(Provided information begins)

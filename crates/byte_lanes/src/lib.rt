//! Classes of bytes and runs of them, 64 bytes at a time.
//!
//! A block of 64 bytes is compared in one go, and the answer is a mask with a bit for each byte. What
//! is left at a text's end, fewer than 64 bytes, goes byte by byte. No call takes memory or refuses.
//!
//! Stands on `module_semantics`, whose classes of bytes and line feeds these are. Keeps: each call is
//! its plain definition over the list of bytes, at every length. Knows nothing of tokens.
#![tactic(auto)]

mod class;
mod lines;
mod masks;
mod search;

pub use class::Class;
pub use lines::{count_newlines, line_starts};
pub use masks::{ClassMasks, classes};
pub use search::{first_not, first_of};
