// The first byte that is in a class, or that isn't: whole blocks by their masks, and then byte by byte.
ghost use Rattle.std.specs.Prelude.{◌≡◌, ◌≤◌, length, map, not};
ghost use Rattle.std.specs.List.{position, position_or_len};
ghost use Rattle.std.specs.Simd.Lanes.{mask_l};
ghost use Rattle.byte_lanes.specs.Classes.{is_in};
ghost use Rattle.byte_lanes.specs.Sought.{is_sought};

use crate::Class;
use crate::class::has;
use crate::masks::class_mask;
use std::simd::prelude::*;

/// What a search looks for: a byte that is in the class, or one that isn't.
#[derive(Clone, Copy)]
enum Sought {
    In,
    Out,
}

/// The least place with a byte of the class. Linear in that place; reads nothing past its block.
pub fn first_of(text: &[u8], class: Class) -> Option<usize>
    ensures { result ≡ position (is_in class) text.now }
{
    first(text, class, Sought::In)
}

/// The least place with a byte that isn't of the class. Linear in that place; reads nothing past its
/// block.
pub fn first_not(text: &[u8], class: Class) -> Option<usize>
    ensures { result ≡ position (λ b. not (is_in class b)) text.now }
{
    first(text, class, Sought::Out)
}

fn first(text: &[u8], class: Class, sought: Sought) -> Option<usize>
    ensures { result ≡ position (is_sought class sought) text.now }
{
    let before = run(text, class, sought);
    if before < text.len() {
        Some(before)
    } else {
        None
    }
}

fn is_sought(class: Class, sought: Sought, byte: u8) -> bool
    ensures { result ≡ is_sought class sought byte }
{
    match sought {
        Sought::In => has(class, byte),
        Sought::Out => !has(class, byte),
    }
}

/// The mask of the bytes that are sought.
#[inline(always)]
fn sought_mask(class: Class, sought: Sought, lanes: u8x64) -> u64
    ensures { result ≡ mask_l (map (is_sought class sought) lanes) }
{
    match sought {
        Sought::In => class_mask(class, lanes),
        Sought::Out => !class_mask(class, lanes),
    }
}

/// How many bytes come before the first that is sought.
fn run(text: &[u8], class: Class, sought: Sought) -> usize
    ensures { result ≡ position_or_len (is_sought class sought) text.now }
{
    let mut at = 0;
    while text.len() - at >= 64 {
        let found = sought_mask(class, sought, u8x64::from_slice(&text[at..]));
        if found != 0 {
            return at + found.trailing_zeros() as usize;
        }
        at += 64;
    }
    at + run_byte_by_byte(&text[at..], class, sought)
}

/// The same, byte by byte.
fn run_byte_by_byte(bytes: &[u8], class: Class, sought: Sought) -> usize
    ensures exact { result ≡ position_or_len (is_sought class sought) bytes.now }
    ensures within { result ≤ length bytes.now }
{
    let mut at = 0;
    while at < bytes.len() && !is_sought(class, sought, bytes[at]) {
        at += 1;
    }
    at
}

(Provided information ends)

**Work to be completed**:
Which lines of the listing contain the string "call"? Copy every one of them.

**Answer section**:
//! is left at a text's end, fewer than 64 bytes, goes byte by byte. No call takes memory or refuses.
//! Stands on `module_semantics`, whose classes of bytes and line feeds these are. Keeps: each call is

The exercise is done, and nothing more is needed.